To the best of our knowledge, this study stands as one of the few studies conducted in the Sub-Saharan population to thoroughly evaluate adherence, treatment outcomes and the safety profile of emicizumab prophylaxis. These distinctive results are critical in highlighting the disparities between patients from low and middle-income countries and those from developed settings, a consideration that should come to bear when designing humanitarian programmes for these regions. The study encompassed approximately 80% of all patients with HA in Tanzania on prophylaxis, providing valuable insights into the actual circumstances surrounding patients receiving emicizumab prophylaxis in the country.

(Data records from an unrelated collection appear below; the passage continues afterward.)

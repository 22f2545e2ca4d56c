// The kinds of tokens: the Rust's `Tok`, numbered in its order.
// A kind is a number: the specification numbers them, and functions that docs/PROMISES.md names, as `put_leaf` of the
// forms, take a token of any kind.
pub const EOF: u8 = 0;

pub const NUM_VALUE: u8 = 1;

pub const NUM_TYPED_VALUE: u8 = 2;

pub const BYTE_STRING_VALUE: u8 = 3;

pub const IDENTIFIER: u8 = 4;

pub const EXCLAIM: u8 = 5;

pub const EXCLAIM_EQUAL: u8 = 6;

pub const PERCENT: u8 = 7;

pub const AMP: u8 = 8;

pub const AMP_AMP: u8 = 9;

pub const AMP_MUT: u8 = 10;

pub const L_PAREN: u8 = 11;

pub const R_PAREN: u8 = 12;

pub const L_BRACKET: u8 = 13;

pub const R_BRACKET: u8 = 14;

pub const STAR: u8 = 15;

pub const PLUS: u8 = 16;

pub const COMMA: u8 = 17;

pub const MINUS: u8 = 18;

pub const PERIOD: u8 = 19;

pub const PERIOD_PERIOD: u8 = 20;

pub const SLASH: u8 = 21;

pub const COLON: u8 = 22;

pub const COLON_COLON: u8 = 23;

pub const SEMICOLON: u8 = 24;

pub const LESS: u8 = 25;

pub const LESS_EQUAL: u8 = 26;

pub const LESS_LESS: u8 = 27;

pub const EQUAL: u8 = 28;

pub const EQUAL_EQUAL: u8 = 29;

pub const EQUAL_EQUAL_GREATER: u8 = 30;

pub const LESS_EQUAL_EQUAL_GREATER: u8 = 31;

pub const GREATER: u8 = 32;

pub const GREATER_EQUAL: u8 = 33;

pub const GREATER_GREATER: u8 = 34;

pub const CARET: u8 = 35;

pub const ABORT: u8 = 36;

pub const ACQUIRES: u8 = 37;

pub const AS: u8 = 38;

pub const BREAK: u8 = 39;

pub const CONTINUE: u8 = 40;

pub const COPY: u8 = 41;

pub const ELSE: u8 = 42;

pub const FALSE: u8 = 43;

pub const IF: u8 = 44;

pub const INVARIANT: u8 = 45;

pub const LET: u8 = 46;

pub const LOOP: u8 = 47;

pub const MODULE: u8 = 48;

pub const MOVE: u8 = 49;

pub const NATIVE: u8 = 50;

pub const PUBLIC: u8 = 51;

pub const RETURN: u8 = 52;

pub const SPEC: u8 = 53;

pub const STRUCT: u8 = 54;

pub const TRUE: u8 = 55;

pub const USE: u8 = 56;

pub const WHILE: u8 = 57;

pub const L_BRACE: u8 = 58;

pub const PIPE: u8 = 59;

pub const PIPE_PIPE: u8 = 60;

pub const R_BRACE: u8 = 61;

pub const FUN: u8 = 62;

pub const SCRIPT: u8 = 63;

pub const CONST: u8 = 64;

pub const FRIEND: u8 = 65;

pub const NUM_SIGN: u8 = 66;

pub const AT_SIGN: u8 = 67;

Among this cohort of PwHA, adherence to emicizumab prophylaxis was high. Despite being a subcutaneous injection that could allow home prophylaxis, the majority continue to receive prophylaxis from health care facilities. Emicizumab prophylaxis is efficacious in preventing spontaneous bleeding and has an acceptable safety profile. Older age was significantly associated with spontaneous bleeding while on prophylaxis. Continued monitoring and pharmacovigilance with larger cohorts are essential to assess long term outcomes and optimise patient management strategies.